**What you have to do**
The answer is every line of the records that holds the word "spared", copied in full.

**Data excerpts**

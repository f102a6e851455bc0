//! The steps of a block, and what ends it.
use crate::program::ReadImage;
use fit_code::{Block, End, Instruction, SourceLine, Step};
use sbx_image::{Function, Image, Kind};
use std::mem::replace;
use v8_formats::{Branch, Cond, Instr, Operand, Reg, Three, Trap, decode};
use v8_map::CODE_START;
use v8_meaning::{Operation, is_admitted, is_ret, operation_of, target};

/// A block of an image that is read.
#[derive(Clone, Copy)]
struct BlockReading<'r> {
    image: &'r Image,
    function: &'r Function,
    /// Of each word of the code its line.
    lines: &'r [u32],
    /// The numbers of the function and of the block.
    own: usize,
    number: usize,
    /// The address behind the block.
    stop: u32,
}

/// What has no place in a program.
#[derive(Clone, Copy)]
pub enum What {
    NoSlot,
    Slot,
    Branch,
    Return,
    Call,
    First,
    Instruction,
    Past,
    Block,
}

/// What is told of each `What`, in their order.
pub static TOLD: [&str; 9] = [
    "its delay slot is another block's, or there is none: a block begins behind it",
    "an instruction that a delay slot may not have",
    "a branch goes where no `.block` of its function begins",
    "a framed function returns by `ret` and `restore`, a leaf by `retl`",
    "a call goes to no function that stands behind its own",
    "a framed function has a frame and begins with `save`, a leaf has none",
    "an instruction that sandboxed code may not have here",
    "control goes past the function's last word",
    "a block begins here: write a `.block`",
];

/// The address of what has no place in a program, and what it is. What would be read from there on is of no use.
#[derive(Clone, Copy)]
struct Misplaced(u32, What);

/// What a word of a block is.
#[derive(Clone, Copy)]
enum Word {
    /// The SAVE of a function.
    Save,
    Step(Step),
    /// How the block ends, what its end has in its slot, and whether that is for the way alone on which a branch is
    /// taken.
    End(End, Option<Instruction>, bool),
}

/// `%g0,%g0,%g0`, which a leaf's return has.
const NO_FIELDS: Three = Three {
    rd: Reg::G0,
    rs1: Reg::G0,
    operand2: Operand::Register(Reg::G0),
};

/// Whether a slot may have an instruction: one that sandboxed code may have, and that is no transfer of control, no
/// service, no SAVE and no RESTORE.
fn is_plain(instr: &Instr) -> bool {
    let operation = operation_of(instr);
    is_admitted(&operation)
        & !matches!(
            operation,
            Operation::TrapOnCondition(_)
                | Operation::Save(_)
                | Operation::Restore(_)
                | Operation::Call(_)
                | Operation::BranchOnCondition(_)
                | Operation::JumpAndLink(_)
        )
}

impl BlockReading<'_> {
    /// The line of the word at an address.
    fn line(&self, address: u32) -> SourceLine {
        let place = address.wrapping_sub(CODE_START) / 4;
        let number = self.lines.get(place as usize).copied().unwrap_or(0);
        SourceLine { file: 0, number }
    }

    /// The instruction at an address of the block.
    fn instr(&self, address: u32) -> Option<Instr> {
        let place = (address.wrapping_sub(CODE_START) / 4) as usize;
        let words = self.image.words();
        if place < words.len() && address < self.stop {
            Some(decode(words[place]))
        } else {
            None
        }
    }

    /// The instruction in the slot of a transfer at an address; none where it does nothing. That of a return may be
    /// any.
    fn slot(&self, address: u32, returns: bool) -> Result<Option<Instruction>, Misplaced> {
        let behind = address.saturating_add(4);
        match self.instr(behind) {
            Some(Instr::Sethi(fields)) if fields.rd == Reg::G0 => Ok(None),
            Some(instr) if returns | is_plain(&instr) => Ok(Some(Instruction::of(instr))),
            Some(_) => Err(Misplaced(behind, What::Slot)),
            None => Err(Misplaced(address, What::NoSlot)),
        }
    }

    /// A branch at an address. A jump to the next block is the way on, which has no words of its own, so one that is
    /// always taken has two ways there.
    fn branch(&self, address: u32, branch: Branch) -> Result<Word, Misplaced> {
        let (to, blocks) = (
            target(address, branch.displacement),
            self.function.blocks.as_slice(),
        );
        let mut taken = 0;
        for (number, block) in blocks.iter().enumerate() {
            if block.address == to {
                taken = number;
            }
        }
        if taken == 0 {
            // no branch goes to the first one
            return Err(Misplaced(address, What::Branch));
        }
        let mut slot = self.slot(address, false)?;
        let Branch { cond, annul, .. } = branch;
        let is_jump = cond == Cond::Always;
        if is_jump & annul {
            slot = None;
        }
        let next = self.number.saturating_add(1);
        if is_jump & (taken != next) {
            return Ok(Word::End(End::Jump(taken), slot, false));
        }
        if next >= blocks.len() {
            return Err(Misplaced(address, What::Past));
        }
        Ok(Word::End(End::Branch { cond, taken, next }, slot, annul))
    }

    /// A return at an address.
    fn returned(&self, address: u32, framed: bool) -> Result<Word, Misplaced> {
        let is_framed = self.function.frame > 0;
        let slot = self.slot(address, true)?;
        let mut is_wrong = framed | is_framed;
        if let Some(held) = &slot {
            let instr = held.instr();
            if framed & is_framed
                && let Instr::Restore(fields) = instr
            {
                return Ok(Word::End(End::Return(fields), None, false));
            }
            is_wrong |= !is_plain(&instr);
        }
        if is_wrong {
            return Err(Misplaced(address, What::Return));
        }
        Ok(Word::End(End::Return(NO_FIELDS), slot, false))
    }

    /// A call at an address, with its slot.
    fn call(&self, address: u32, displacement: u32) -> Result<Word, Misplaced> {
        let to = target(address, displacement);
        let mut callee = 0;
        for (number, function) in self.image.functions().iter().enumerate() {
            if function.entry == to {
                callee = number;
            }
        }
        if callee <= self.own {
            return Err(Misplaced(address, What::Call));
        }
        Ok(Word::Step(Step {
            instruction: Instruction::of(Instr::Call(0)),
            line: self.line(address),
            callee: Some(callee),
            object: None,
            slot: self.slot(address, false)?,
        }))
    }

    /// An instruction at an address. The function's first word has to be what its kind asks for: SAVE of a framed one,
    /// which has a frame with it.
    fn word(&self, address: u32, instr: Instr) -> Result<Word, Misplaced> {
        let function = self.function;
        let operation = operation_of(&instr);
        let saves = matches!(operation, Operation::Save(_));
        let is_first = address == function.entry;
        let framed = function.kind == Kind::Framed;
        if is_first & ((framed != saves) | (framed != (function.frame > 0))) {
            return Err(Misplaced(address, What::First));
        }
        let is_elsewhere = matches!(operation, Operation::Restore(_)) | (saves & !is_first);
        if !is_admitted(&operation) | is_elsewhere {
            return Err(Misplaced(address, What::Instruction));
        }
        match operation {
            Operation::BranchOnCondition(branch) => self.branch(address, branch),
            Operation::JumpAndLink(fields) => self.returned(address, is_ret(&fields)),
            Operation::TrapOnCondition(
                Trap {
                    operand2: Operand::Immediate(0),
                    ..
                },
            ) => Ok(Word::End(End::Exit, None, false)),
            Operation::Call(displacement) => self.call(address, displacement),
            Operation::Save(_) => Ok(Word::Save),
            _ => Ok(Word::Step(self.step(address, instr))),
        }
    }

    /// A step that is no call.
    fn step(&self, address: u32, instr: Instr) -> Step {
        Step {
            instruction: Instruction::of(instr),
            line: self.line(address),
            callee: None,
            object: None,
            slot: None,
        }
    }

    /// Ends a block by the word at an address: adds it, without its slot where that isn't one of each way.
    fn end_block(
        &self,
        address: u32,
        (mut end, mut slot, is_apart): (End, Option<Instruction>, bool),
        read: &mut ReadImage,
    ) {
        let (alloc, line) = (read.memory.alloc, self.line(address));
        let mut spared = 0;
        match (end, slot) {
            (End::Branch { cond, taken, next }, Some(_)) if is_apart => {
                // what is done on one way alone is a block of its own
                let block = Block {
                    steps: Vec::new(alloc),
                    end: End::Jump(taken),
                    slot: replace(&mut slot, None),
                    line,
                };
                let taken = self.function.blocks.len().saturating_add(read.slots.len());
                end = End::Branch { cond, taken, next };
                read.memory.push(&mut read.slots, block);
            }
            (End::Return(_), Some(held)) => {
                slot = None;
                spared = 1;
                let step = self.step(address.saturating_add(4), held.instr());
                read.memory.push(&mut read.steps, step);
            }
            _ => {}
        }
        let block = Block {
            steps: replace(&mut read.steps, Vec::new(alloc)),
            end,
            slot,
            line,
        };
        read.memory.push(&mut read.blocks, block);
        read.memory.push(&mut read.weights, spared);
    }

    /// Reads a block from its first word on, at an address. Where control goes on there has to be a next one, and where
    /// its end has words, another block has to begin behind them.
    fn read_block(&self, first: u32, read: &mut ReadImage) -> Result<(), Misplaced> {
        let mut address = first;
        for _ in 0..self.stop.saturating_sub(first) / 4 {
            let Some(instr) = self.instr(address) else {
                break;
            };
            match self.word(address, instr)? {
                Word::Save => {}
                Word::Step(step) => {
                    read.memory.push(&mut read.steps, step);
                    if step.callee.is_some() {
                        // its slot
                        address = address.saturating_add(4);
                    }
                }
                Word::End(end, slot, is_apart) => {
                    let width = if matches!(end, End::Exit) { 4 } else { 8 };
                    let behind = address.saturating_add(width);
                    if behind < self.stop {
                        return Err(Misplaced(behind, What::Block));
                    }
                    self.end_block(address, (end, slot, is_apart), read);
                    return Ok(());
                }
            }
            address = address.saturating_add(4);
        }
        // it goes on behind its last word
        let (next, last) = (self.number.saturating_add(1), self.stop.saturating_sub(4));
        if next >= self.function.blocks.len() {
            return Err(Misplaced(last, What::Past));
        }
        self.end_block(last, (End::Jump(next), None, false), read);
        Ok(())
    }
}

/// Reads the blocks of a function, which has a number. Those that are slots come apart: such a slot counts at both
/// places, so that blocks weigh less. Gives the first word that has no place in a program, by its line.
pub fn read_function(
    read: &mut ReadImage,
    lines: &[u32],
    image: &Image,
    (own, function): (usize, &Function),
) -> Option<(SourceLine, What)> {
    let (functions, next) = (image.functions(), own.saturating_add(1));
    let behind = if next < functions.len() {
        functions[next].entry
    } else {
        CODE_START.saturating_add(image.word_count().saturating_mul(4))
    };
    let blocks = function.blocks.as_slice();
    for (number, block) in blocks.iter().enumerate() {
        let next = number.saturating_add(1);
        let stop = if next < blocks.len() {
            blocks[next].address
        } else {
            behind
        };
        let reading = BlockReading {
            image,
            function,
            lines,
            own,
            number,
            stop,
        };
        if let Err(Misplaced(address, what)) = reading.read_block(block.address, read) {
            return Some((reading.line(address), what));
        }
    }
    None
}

**Response box**
        let mut spared = 0;
                spared = 1;
        read.memory.push(&mut read.weights, spared);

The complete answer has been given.